Don’t place them in an awkward position and don’t lose any time asking them to calculate how many cards each player will have! They will understand soon enough that at bridge you need to know how to count, so don’t discourage them from the very start
And then they must start playing.
How will the first hand be played out?
Place a pack of card on each table – and not a board containing the pack
Ask each North player to deal the cards one by one clockwise.
Invite the pupils to count their cards (there we are, 52 divided by 4 is 13!!), to sort them by "family"
, what we call at bridge the suits, and to order them alternating reds and blacks. Club and Diamonds are the minor suits, Hearts and Spades the major suits. Most of them will start with making four packs in front of them; at the beginning, holding thirteen cards as a fan in one single hand when you are eleven is a rather difficult exercise!
Then explain the cards hierarchy,
"It is same as with beggar-my-neighbor, the highest is the Ace, then the King, the Queen, the Jack, 10, .............down to 2 ".
High cards: Ace – King – Queen – Jack - 10 (the highest being the Ace).
Low cards: 9 – 8 – 7 – 6 – 5 – 4 – 3 - 2 (the lowest being the 2).
Don’t give them the honors value.
You will thus avoid a confusion in the objectives so that they won’t want to « charge » (give points to the partner), to win points as in Tarot when the partner has taken the trick with an Ace, for example.
Ask the pupils to play the hand using very simplified rules: in No Trump but without a dummy, like some kind of two against two beggar-my-neighbor game.
And as there has been no bidding, there is no declarer.
Arbitrarily ask South to lead.
The other players must, one after the other, play a card from the same suit (they have to follow to the suit) either a higher one, or a lower one, but it is the highest that will win the trick (once the four cards have been played).
It is the player who has taken the trick who leads for the next trick.

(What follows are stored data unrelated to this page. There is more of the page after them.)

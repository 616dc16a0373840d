//! Terms as shared, numbered nodes: an id in a store is a tree that stays.
//!
//! The crates above see a store as the list of its trees, and an id as a place in that list. Interning a term answers the
//! id of its tree, an old one where the tree is there, and no id that was given out ever means another tree.
#![tactic(auto)]

mod children;
mod name;
mod part;
mod shared;
mod store;
mod term;

pub use name::{Name, Sort, Text};
pub use store::Store;
pub use term::{SUBTERMS, Term, TermId, TermIds};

The player is allowed change the suit, if he so wishes.
As soon as one of the players has no cards left in the lead suit, he has to play a card from another suit (to discard); in no case, will he be allowed to win the trick.
At the end of the play:
The partners (North-South on the one hand, East-West on the other hand) have to put their tricks in common and count them
The winning team is the one that made the greatest number of tricks.

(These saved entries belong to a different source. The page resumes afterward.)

//! The children of a term.
ghost use Rattle.std.specs.Prelude.{◌≡◌, ◌<◌, length, slice_index, IfOk};
ghost use Rattle.qterm.specs.Kids.{ids, replace};

use crate::term::{Term, TermId, TermIds};
use std::alloc::{AllocError, Global};

impl Term {
    /// How many children there are.
    pub fn count(&self) -> usize
        ensures { result ≡ length (ids self.now) }
    {
        match self {
            Term::True | Term::False | Term::Var(_) | Term::Num(_) => 0,
            Term::Scale(_, _) | Term::Not(_) => 1,
            Term::Le(_, _) | Term::Eq(_, _) | Term::Iff(_, _) => 2,
            Term::Ite(_, _, _) => 3,
            Term::Sum(all) | Term::And(all) | Term::Or(all) => all.as_slice().len(),
        }
    }

    /// The child at a place, counted from 0.
    pub fn child(&self, at: usize) -> TermId
        requires within { at < length (ids self.now) }
        ensures { result ≡ slice_index (ids self.now) at }
    {
        match self {
            Term::Sum(all) | Term::And(all) | Term::Or(all) => all.as_slice()[at],
            Term::Scale(_, a) | Term::Not(a) => *a,
            Term::Le(a, b) | Term::Eq(a, b) | Term::Iff(a, b) => if at == 0 { *a } else { *b },
            Term::Ite(condition, a, b) => if at == 0 {
                *condition
            } else if at == 1 {
                *a
            } else {
                *b
            },
            Term::True | Term::False | Term::Var(_) | Term::Num(_) => unreachable!(),
        }
    }

    /// The term with the same head and with these children, which are as many as its own.
    pub fn with_children(&self, alloc: Global, children: &[TermId]) -> Result<Term, AllocError>
        requires all { length children.now ≡ length (ids self.now) }
        ensures { IfOk result (λ term. term ≡ replace self.now children.now) }
    {
        match self {
            Term::True => Ok(Term::True),
            Term::False => Ok(Term::False),
            Term::Var(name) => Ok(Term::Var(name.clone()?)),
            Term::Num(value) => Ok(Term::Num(*value)),
            Term::Sum(_) => Ok(Term::Sum(listed(alloc, children)?)),
            Term::Scale(by, _) => Ok(Term::Scale(*by, children[0])),
            Term::Le(_, _) => Ok(Term::Le(children[0], children[1])),
            Term::Eq(_, _) => Ok(Term::Eq(children[0], children[1])),
            Term::Iff(_, _) => Ok(Term::Iff(children[0], children[1])),
            Term::Not(_) => Ok(Term::Not(children[0])),
            Term::And(_) => Ok(Term::And(listed(alloc, children)?)),
            Term::Or(_) => Ok(Term::Or(listed(alloc, children)?)),
            Term::Ite(_, _, _) => Ok(Term::Ite(children[0], children[1], children[2])),
        }
    }
}

/// A list with these ids.
fn listed(alloc: Global, ids: &[TermId]) -> Result<TermIds, AllocError>
    ensures { IfOk result (λ list. list ≡ ids.now) }
{
    Ok(TermIds::from_vec(Vec::from_slice(alloc, ids)?))
}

At bridge, the only thing that counts is the number of tricks you have won. The content of each individual trick is of no avail.
Each player has thirteen cards; therefore only a maximum of thirteen tricks can be won.
They have discovered many things with this first hand! But they have not yet acquired them; you will need to do it again for the whole length of the session.
Some teachers could think that it is not necessary and that they should go on. But be careful not to be blinded by those who talk and be therefore tempted to cut corners.
“Do you know how many Spades have been played?”, “is your 10 of Hearts now a winner? why?”
This will make the second hand even more interesting for them, while their buddy with the bare Queen of Clubs will be torturing himself wondering what card to play on the opponents’ King of Clubs; he has at least memorized the cards hierarchy, but might have no problem revoking to save his Queen!